The ranger told him to get back inside because the lion's ears were back and his tail was moving side to side.
"He was tense," Droguett said. "But I still got a beautiful photograph of him."
Another time, he was charged by an elephant. The elephant had often hung around the cooking area of a safari group. But he must have suffered a trauma because he started to become aggressive, Droguett said. The cooks would throw rocks at him to get him to leave, he said.
"I was standing outside the tented area with the camera over my neck and he came charging at me," Droguett said. "I clicked his picture, jumped into the tent and he stopped, thinking it was a wall."

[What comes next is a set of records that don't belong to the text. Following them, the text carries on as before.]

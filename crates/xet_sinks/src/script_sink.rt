//! Sinks that follow a script.
ghost use Rattle.std.specs.List.{concat};
ghost use Rattle.std.specs.Prelude.{◌≡◌, ◌<◌, ◌≤◌, ◌++◌, [], Err, IfOk, Ok, OnErr, Some, drop, false, length};
ghost use Rattle.std.specs.Prelude.{min, slice_get, take, true};
ghost use Rattle.xet_outside.specs.Told.{FlushCall, Rose, WriteCall};
ghost use Rattle.xet_sinks.specs.Faults.{CountsFailed};
ghost use Rattle.xet_sinks.specs.Scripts.{FollowsSink, step_fails, step_most};

use bytes::Bytes;
use std::alloc::Global;
use std::collections::VecDeque;
use xet_base::OutOfMemory;
use xet_outside::sink::{Sink, SinkError};

/// What a scripted sink does with a write of some bytes.
#[derive(Clone, Copy, PartialEq, Eq)]
pub enum SinkStep {
    /// Takes so many bytes at most, and at least one.
    Take(usize),
    /// Fails, and takes nothing.
    Fail,
    /// Takes so many bytes at most, and fails.
    FailAfter(usize),
}

/// A fake sink. Each write of some bytes follows one step, a vectored one too; after the steps all is taken. A flush
/// and a write of no bytes take no step and succeed.
#[derive(Drop)]
pub struct ScriptSink {
    steps: VecDeque<SinkStep>,
    taken: Vec<u8>,
    // how many of the taken bytes are flushed
    flushed: usize,
    // the count of faults, which stands at its last value
    faults: u64,
}

// Adds the first `count` of the joined bytes, and answers how many these are. `OutOfMemory` adds nothing.
fn add_front(taken: &mut Vec<u8>, pieces: &[Bytes], count: usize) -> Result<usize, OutOfMemory>
    ensures added { IfOk result (λ k. (k ≡ min count (length (concat pieces.now)))
        × (taken.new.items ≡ taken.old.items ++ take k (concat pieces.now))) }
    ensures kept { OnErr result (taken.new.items ≡ taken.old.items) }
{
    let before = taken.len();
    let mut added = 0usize;
    for piece in pieces {
        let part = piece.len().min(count.saturating_sub(added));
        if taken.extend_from_slice(&piece.as_slice()[..part]).is_err() {
            taken.truncate(before);
            return Err(OutOfMemory);
        }
        added += part;
    }
    Ok(added)
}

// Whether one of the pieces has bytes.
fn has_bytes(pieces: &[Bytes]) -> bool
    ensures none { result ≡ false → concat pieces.now ≡ [] }
    ensures some { result ≡ true → 0 < length (concat pieces.now) }
{
    for piece in pieces {
        if !piece.is_empty() {
            return true;
        }
    }
    false
}

// What a step lets a write take at most, and whether the write fails.
#[derive(Clone, Copy)]
struct Effect {
    most: usize,
    fails: bool,
}

// What a write by this step does, where there is one.
fn effect_of(step: Option<SinkStep>) -> Effect
    ensures most { result.most ≡ step_most step }
    ensures fails { result.fails ≡ step_fails step }
{
    match step {
        None => Effect {
            most: usize::MAX,
            fails: false,
        },
        Some(SinkStep::Take(count)) => Effect {
            most: count.max(1),
            fails: false,
        },
        Some(SinkStep::Fail) => Effect {
            most: 0,
            fails: true,
        },
        Some(SinkStep::FailAfter(count)) => Effect {
            most: count,
            fails: true,
        },
    }
}

impl ScriptSink {
    /// A sink that follows these steps. It takes no memory yet.
    pub fn new(alloc: Global, steps: Vec<SinkStep>) -> ScriptSink
        ensures told { ⟦<ScriptSink as Sink>⟧.told result
            ≡ record { took = Some []; flushed = Some 0; faults = 0; link = [] } }
        ensures steps { result.steps.items ≡ steps.items }
    {
        ScriptSink {
            steps: VecDeque::from_vec(steps),
            taken: Vec::new(alloc),
            flushed: 0,
            faults: 0,
        }
    }

    /// The bytes that were taken.
    pub fn taken(&self) -> &[u8]
        ensures { (⟦<ScriptSink as Sink>⟧.told self.now).took ≡ Some result.now }
    {
        self.taken.as_slice()
    }

    // Answers a write that took so many bytes, and counts a fault where it fails.
    fn answer(&mut self, fails: bool, count: usize) -> Result<usize, SinkError>
        ensures ok { fails ≡ false → (result ≡ Ok count) × (self.new ≡ self.old) }
        ensures failed { fails ≡ true → (result ≡ Err SinkError.Failed) × Rose self.old.faults self.new.faults }
        ensures same { self.new ≡ record self.old { faults = self.new.faults } }
        ensures faults { self.old.faults ≤ self.new.faults }
        ensures counted { CountsFailed self.old.faults self.new.faults result }
    {
        if fails {
            self.faults = self.faults.saturating_add(1);
            return Err(SinkError::Failed);
        }
        Ok(count)
    }
}

impl Sink for ScriptSink {
    ghost told = { λ s.
        record { took = Some s.taken.items; flushed = Some s.flushed; faults = s.faults; link = [] } };

    /// A write of some bytes follows the next step.
    fn write(&mut self, piece: &[u8]) -> Result<usize, SinkError>
        ensures call { WriteCall (⟦<ScriptSink as Sink>⟧.told self.old)
            (⟦<ScriptSink as Sink>⟧.told self.new) piece.now result }
        ensures follows { 0 < length piece.now →
            FollowsSink (slice_get self.old.steps.items 0) self.old.taken.items self.new.taken.items
            piece.now result }
        ensures steps { 0 < length piece.now → self.new.steps.items ≡ drop 1 self.old.steps.items }
        ensures counted { CountsFailed self.old.faults self.new.faults result }
        ensures none { piece.now ≡ [] → self.new ≡ self.old }
    {
        if piece.is_empty() {
            return Ok(0);
        }
        let step = effect_of(self.steps.pop_front());
        let count = step.most.min(piece.len());
        if self.taken.extend_from_slice(&piece[..count]).is_err() {
            return Err(SinkError::OutOfMemory);
        }
        self.answer(step.fails, count)
    }

    /// Succeeds, and takes no step.
    fn flush(&mut self) -> Result<(), SinkError>
        ensures call { FlushCall (⟦<ScriptSink as Sink>⟧.told self.old)
            (⟦<ScriptSink as Sink>⟧.told self.new) result }
        ensures ok { result ≡ Ok tt }
        ensures same { self.new ≡ record self.old { flushed = self.new.flushed } }
    {
        self.flushed = self.taken.len();
        Ok(())
    }

    /// A write of some bytes follows the next step, with the joined pieces.
    fn write_vectored(&mut self, pieces: &[Bytes]) -> Result<usize, SinkError>
        ensures call { WriteCall (⟦<ScriptSink as Sink>⟧.told self.old)
            (⟦<ScriptSink as Sink>⟧.told self.new) (concat pieces.now) result }
        ensures follows { 0 < length (concat pieces.now) →
            FollowsSink (slice_get self.old.steps.items 0) self.old.taken.items self.new.taken.items
            (concat pieces.now) result }
        ensures steps { 0 < length (concat pieces.now) → self.new.steps.items ≡ drop 1 self.old.steps.items }
        ensures counted { CountsFailed self.old.faults self.new.faults result }
        ensures none { concat pieces.now ≡ [] → self.new ≡ self.old }
    {
        if !has_bytes(pieces) {
            return Ok(0);
        }
        let step = effect_of(self.steps.pop_front());
        let Ok(count) = add_front(&mut self.taken, pieces, step.most) else {
            return Err(SinkError::OutOfMemory);
        };
        self.answer(step.fails, count)
    }
}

While most people would have been scared to death, the incident gave this artist a rush, he said.
"The adrenalin ? I loved it," the North Hollywood resident said. "Fabulous. I got the shot of him as he was coming toward me."
Droguett, who said he favors animals as subjects for his work, uses several photographs with different perspectives of an animal to create one etching, he said.
His work is on display until June 22 at the Creative Arts Center Gallery in Burbank.
The 14 originals in the display are amazing to see, said Gallery Director Frances Santistevan, of Glendale.
"They are so lifelike, they look like photographs," she said.
The process begins with the artist first drawing a light pencil outline on a white matte board that is treated with a thin layer of a white chalky substance and then a thin layer of black dye. The artist etches the subject with a fine blade.
Droguett was introduced to scratchboard art, a method discovered during the 1800s, while attending Pratt Institute in New York.
"I never had the chance to try it," he said. "After years of painting, I taught myself."
He went to the library and checked out black-and-white magazines, to get his mind thinking in the reverse.
The first picture he attempted in scratchboard was of a cat, and using animals as his subjects has stuck with him, he said.